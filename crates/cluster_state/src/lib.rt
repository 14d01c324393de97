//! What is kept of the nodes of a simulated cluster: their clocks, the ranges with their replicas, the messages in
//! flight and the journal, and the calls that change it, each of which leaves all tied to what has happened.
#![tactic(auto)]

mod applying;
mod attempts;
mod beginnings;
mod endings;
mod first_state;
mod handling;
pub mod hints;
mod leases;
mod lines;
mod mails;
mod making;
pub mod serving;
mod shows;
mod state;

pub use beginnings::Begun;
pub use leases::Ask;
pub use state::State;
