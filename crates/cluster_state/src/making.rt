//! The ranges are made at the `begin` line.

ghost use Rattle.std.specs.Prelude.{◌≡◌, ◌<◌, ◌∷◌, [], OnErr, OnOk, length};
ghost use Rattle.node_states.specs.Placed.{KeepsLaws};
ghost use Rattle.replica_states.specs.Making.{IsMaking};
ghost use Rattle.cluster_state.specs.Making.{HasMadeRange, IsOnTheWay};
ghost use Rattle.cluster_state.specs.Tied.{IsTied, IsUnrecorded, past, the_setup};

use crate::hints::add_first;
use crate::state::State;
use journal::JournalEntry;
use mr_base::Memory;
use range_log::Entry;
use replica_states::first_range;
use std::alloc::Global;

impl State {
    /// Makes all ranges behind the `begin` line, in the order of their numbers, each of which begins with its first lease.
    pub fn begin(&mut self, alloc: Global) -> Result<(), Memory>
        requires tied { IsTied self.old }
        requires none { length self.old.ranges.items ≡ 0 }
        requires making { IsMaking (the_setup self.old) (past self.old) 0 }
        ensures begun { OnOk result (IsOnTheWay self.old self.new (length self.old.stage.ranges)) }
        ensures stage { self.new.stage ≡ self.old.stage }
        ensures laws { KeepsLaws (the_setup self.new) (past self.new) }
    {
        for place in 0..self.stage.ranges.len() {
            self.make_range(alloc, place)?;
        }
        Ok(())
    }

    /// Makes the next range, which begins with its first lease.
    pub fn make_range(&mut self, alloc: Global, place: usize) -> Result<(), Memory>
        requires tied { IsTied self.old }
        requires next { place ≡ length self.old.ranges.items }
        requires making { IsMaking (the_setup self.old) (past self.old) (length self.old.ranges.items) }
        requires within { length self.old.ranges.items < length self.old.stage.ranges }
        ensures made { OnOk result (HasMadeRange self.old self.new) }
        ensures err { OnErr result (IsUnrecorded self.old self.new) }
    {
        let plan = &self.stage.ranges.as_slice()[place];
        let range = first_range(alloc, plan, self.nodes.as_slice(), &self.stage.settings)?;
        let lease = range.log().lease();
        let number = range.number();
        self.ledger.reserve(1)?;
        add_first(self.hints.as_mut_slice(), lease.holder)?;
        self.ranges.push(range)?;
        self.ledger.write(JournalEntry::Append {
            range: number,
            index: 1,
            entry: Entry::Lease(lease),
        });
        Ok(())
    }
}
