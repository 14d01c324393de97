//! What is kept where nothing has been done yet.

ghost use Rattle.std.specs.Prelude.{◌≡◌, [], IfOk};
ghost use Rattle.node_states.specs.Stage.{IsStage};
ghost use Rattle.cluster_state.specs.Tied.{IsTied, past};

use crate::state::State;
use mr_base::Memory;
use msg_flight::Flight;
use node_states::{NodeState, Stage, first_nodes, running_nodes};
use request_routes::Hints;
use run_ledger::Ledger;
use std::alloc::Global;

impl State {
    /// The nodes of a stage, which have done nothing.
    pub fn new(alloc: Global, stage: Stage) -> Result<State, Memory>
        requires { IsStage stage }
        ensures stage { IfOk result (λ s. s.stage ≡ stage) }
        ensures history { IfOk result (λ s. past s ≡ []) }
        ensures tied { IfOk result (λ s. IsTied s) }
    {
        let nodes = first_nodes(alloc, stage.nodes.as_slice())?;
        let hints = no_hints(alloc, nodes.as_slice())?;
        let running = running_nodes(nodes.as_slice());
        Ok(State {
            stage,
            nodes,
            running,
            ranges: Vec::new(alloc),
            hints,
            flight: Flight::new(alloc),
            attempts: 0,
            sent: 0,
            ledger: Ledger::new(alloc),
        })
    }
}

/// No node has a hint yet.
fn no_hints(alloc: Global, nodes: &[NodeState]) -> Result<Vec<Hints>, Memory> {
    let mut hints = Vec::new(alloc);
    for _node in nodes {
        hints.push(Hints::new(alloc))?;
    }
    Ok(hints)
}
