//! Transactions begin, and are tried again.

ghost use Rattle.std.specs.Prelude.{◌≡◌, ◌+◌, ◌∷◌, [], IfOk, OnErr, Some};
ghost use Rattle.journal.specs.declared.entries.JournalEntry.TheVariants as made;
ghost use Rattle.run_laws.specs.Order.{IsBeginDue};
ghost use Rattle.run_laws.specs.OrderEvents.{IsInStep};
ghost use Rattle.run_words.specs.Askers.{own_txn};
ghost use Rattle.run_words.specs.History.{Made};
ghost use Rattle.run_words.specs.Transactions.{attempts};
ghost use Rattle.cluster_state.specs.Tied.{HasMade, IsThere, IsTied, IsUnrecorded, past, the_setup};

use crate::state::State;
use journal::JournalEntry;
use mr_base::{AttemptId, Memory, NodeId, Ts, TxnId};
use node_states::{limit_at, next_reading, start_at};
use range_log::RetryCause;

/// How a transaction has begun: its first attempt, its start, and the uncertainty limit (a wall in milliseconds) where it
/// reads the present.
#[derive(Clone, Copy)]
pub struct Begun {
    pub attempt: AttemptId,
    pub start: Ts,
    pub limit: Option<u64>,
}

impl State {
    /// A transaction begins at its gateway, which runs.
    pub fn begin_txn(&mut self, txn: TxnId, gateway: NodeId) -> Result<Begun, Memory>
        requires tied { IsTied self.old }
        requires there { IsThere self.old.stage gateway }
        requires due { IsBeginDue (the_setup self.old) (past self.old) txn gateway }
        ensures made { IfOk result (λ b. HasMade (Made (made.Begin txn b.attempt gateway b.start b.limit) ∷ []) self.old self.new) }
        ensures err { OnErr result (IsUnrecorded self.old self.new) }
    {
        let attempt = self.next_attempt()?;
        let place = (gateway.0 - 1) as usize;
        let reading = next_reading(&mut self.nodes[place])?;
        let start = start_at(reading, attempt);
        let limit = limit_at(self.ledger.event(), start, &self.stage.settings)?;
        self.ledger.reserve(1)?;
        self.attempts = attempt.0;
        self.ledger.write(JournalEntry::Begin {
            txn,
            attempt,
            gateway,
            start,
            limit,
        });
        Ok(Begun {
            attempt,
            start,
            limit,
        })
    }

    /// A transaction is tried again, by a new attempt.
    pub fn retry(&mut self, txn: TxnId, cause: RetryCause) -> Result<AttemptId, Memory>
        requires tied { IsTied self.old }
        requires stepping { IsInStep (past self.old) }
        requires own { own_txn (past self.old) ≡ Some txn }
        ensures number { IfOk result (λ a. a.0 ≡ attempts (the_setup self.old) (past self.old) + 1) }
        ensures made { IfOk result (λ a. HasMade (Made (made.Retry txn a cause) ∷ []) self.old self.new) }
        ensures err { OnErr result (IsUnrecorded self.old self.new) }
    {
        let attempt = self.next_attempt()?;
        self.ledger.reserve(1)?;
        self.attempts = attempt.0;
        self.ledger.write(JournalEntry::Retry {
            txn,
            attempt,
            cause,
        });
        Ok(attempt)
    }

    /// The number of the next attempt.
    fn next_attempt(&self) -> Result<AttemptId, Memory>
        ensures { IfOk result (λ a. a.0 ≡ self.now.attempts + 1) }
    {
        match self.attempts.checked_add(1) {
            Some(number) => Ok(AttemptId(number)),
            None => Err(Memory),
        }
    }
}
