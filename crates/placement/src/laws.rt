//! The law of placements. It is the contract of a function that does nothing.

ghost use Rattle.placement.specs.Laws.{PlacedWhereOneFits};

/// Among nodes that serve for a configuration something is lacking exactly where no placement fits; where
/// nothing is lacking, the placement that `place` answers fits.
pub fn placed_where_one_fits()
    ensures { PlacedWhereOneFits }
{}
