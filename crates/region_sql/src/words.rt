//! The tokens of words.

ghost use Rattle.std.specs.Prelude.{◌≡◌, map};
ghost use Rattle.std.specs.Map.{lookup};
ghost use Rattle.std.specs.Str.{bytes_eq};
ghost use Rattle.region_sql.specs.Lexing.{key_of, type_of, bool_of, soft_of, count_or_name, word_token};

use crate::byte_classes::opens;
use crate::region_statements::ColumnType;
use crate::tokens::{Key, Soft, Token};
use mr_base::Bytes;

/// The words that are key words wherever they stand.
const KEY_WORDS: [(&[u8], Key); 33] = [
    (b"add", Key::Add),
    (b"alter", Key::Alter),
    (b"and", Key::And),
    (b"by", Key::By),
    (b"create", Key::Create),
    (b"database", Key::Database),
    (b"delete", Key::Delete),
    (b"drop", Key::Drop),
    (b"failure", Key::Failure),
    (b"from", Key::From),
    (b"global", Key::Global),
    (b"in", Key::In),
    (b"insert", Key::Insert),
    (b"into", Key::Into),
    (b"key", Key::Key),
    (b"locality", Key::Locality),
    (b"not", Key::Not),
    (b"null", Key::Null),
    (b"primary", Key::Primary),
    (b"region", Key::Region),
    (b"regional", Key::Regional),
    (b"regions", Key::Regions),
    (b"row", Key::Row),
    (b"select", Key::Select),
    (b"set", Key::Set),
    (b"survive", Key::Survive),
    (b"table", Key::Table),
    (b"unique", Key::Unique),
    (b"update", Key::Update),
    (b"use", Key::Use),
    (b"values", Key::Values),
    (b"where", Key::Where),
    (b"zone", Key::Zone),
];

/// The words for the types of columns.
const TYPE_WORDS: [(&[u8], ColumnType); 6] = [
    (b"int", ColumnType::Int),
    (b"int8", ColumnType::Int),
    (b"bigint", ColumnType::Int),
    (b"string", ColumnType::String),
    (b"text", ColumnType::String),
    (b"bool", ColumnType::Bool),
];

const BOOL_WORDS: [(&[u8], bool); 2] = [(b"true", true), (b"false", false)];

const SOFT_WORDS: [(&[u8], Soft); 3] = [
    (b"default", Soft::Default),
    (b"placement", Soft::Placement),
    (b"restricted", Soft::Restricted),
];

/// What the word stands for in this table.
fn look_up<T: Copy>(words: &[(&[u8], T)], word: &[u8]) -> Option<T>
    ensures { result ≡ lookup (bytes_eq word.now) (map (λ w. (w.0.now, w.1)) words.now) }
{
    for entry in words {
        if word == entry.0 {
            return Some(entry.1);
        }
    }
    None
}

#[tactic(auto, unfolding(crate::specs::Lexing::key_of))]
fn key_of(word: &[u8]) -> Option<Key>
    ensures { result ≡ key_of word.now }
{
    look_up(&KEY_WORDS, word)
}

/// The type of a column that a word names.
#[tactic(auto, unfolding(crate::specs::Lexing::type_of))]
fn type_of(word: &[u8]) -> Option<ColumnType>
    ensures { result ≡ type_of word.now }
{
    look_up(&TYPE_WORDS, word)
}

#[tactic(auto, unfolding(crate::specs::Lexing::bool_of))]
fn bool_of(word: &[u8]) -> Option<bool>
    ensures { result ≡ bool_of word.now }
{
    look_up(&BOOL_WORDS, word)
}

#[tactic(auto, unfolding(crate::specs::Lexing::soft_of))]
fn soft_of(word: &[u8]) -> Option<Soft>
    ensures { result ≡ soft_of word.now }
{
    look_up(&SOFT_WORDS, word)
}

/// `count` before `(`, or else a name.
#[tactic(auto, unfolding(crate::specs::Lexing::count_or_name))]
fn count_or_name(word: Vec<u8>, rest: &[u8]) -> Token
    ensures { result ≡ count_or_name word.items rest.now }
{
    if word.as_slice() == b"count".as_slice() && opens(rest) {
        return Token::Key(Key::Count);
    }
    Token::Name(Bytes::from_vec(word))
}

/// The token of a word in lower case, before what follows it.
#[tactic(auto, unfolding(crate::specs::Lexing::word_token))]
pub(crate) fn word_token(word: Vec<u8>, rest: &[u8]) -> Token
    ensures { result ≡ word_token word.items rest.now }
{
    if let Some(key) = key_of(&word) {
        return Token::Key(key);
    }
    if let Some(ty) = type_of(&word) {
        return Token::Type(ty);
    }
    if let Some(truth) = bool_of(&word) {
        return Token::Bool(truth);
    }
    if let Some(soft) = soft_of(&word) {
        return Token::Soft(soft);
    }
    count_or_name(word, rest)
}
____
(WORK TO COMPLETE) Show each line of the material holding "table".

(SOLUTION TO THE PROBLEM)
    (b"table", Key::Table),
/// What the word stands for in this table.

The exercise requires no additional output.